▸ **WORK INSTRUCTION**
Produce a copy of every line in the records that holds the string "SelectAsOf".

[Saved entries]

..............................

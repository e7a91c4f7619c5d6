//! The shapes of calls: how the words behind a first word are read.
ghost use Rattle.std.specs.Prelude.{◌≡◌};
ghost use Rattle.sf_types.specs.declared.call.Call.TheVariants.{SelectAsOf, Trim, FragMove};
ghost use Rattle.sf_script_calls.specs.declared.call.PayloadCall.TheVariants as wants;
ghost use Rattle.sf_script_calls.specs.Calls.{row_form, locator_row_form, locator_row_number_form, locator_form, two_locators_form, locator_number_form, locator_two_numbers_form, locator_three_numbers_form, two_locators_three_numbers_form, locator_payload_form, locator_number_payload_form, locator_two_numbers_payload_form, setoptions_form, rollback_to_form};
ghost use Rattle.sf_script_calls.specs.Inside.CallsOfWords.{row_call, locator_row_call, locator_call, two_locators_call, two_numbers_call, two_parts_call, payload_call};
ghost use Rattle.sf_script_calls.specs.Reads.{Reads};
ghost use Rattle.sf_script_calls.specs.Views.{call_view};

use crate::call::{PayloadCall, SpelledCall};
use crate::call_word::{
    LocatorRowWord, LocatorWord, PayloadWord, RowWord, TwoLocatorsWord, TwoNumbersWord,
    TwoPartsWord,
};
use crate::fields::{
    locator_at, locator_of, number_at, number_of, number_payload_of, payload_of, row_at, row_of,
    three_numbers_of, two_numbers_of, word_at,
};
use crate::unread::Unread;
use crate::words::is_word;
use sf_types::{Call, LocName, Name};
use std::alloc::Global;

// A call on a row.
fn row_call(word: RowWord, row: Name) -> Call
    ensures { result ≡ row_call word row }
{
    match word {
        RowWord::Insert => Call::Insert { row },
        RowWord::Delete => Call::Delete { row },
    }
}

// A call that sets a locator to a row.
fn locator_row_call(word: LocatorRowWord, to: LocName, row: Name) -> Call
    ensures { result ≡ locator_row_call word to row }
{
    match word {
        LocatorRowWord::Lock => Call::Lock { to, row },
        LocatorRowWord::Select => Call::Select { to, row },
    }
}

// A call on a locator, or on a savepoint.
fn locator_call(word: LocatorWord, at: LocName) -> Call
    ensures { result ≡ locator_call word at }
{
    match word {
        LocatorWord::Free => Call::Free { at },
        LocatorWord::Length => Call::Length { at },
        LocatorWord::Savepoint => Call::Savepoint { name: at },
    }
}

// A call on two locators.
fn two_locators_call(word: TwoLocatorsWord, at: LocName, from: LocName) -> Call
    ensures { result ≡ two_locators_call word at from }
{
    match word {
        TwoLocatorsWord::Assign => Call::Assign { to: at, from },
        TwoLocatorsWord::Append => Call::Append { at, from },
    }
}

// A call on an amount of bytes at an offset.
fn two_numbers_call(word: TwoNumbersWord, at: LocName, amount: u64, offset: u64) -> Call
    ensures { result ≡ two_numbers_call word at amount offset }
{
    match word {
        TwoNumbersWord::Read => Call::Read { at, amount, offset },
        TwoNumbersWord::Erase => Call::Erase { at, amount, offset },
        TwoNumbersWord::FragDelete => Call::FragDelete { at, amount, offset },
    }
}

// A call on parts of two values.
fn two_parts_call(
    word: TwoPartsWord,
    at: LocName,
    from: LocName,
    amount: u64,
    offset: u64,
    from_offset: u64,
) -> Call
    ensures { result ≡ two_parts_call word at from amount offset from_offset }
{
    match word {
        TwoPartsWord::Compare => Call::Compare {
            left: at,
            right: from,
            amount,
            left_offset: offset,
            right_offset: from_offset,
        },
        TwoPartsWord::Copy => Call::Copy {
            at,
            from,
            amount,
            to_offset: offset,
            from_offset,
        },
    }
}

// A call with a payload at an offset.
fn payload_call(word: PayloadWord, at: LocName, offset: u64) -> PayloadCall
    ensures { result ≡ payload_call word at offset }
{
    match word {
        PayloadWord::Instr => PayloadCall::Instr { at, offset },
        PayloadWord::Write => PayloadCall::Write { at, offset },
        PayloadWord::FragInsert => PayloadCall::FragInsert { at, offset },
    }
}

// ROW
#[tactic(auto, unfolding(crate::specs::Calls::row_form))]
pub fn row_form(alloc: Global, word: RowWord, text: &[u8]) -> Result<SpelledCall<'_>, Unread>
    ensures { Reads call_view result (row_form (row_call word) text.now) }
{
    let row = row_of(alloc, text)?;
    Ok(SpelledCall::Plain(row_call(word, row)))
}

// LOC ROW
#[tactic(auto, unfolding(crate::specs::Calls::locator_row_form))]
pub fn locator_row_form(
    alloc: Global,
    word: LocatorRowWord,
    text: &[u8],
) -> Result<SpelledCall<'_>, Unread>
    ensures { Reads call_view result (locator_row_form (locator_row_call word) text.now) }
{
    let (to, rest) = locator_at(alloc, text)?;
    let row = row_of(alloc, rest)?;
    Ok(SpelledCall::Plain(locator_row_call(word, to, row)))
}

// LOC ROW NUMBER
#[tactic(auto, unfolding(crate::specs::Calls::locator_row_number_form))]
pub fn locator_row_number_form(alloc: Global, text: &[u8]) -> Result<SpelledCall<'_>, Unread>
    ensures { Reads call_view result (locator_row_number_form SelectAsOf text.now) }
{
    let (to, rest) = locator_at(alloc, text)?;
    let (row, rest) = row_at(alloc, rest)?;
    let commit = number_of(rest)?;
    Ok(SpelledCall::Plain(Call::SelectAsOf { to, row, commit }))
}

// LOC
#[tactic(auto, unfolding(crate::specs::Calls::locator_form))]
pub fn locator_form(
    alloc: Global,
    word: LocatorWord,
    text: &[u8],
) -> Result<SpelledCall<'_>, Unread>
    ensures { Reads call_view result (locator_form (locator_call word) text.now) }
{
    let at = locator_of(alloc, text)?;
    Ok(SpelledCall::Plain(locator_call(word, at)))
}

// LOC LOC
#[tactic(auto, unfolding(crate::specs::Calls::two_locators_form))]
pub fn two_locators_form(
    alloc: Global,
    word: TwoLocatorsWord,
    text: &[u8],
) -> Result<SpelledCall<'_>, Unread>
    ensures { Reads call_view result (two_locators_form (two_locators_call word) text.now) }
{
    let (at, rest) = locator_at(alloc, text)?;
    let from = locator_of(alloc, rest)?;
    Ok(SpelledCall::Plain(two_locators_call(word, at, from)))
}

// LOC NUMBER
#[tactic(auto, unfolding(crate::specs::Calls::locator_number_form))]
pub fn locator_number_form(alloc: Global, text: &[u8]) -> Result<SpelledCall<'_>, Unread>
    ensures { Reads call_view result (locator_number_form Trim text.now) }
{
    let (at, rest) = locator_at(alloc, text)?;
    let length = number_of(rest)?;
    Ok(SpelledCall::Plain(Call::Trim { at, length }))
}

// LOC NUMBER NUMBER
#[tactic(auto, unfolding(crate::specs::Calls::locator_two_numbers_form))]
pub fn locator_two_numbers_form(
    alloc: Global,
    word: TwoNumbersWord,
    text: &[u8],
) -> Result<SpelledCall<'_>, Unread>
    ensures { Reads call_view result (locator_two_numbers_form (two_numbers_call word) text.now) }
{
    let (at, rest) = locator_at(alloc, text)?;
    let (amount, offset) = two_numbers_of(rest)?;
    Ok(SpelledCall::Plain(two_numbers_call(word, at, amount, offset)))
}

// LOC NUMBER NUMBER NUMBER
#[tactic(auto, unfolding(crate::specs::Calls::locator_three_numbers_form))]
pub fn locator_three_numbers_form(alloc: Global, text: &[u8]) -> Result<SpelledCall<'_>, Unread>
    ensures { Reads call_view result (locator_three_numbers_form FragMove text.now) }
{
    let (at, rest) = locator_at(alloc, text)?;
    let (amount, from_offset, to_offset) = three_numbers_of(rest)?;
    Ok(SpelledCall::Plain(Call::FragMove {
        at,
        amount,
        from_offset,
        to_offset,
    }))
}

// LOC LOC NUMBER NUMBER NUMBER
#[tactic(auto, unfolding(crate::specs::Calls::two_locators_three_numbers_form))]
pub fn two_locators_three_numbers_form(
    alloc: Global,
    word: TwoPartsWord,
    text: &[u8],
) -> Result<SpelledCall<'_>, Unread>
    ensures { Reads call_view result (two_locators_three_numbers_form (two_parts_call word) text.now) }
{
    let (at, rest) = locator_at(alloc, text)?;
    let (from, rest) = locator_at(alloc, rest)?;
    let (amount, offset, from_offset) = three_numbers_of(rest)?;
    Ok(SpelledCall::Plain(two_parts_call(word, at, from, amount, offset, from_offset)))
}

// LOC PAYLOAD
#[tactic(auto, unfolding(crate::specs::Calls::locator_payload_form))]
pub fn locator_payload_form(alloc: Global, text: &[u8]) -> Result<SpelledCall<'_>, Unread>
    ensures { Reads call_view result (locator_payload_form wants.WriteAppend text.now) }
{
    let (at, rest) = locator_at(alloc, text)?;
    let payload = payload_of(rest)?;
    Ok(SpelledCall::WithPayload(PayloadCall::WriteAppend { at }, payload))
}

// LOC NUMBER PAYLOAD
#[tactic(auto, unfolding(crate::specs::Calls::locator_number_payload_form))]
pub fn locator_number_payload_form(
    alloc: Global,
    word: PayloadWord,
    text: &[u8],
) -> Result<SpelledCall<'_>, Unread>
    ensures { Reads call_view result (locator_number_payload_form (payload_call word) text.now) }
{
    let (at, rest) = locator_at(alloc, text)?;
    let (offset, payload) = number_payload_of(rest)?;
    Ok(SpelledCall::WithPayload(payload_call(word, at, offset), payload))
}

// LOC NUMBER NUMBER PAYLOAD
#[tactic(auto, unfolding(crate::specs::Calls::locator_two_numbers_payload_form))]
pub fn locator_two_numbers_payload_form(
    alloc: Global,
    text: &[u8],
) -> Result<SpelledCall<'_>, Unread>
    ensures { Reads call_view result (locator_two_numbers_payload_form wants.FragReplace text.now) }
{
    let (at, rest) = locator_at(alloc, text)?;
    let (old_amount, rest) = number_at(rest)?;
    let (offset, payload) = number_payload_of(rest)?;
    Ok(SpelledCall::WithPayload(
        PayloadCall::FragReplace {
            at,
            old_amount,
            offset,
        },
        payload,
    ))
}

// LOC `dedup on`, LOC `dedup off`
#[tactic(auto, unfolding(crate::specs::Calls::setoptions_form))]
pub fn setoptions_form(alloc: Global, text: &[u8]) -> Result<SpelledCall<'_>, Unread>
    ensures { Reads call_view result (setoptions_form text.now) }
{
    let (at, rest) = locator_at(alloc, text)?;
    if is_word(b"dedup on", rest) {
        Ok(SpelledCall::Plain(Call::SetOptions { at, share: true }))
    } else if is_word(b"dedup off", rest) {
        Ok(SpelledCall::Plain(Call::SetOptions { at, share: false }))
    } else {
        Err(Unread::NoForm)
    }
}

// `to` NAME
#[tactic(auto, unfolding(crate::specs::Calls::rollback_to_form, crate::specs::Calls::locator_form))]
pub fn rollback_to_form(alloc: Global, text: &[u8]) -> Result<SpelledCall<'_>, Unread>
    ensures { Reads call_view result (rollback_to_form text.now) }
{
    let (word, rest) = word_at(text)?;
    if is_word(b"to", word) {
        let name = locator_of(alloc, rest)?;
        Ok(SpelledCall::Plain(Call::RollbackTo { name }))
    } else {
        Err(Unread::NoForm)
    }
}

..............................

▸ **ANSWER TO THE EXERCISE**
ghost use Rattle.sf_types.specs.declared.call.Call.TheVariants.{SelectAsOf, Trim, FragMove};
    ensures { Reads call_view result (locator_row_number_form SelectAsOf text.now) }
    Ok(SpelledCall::Plain(Call::SelectAsOf { to, row, commit }))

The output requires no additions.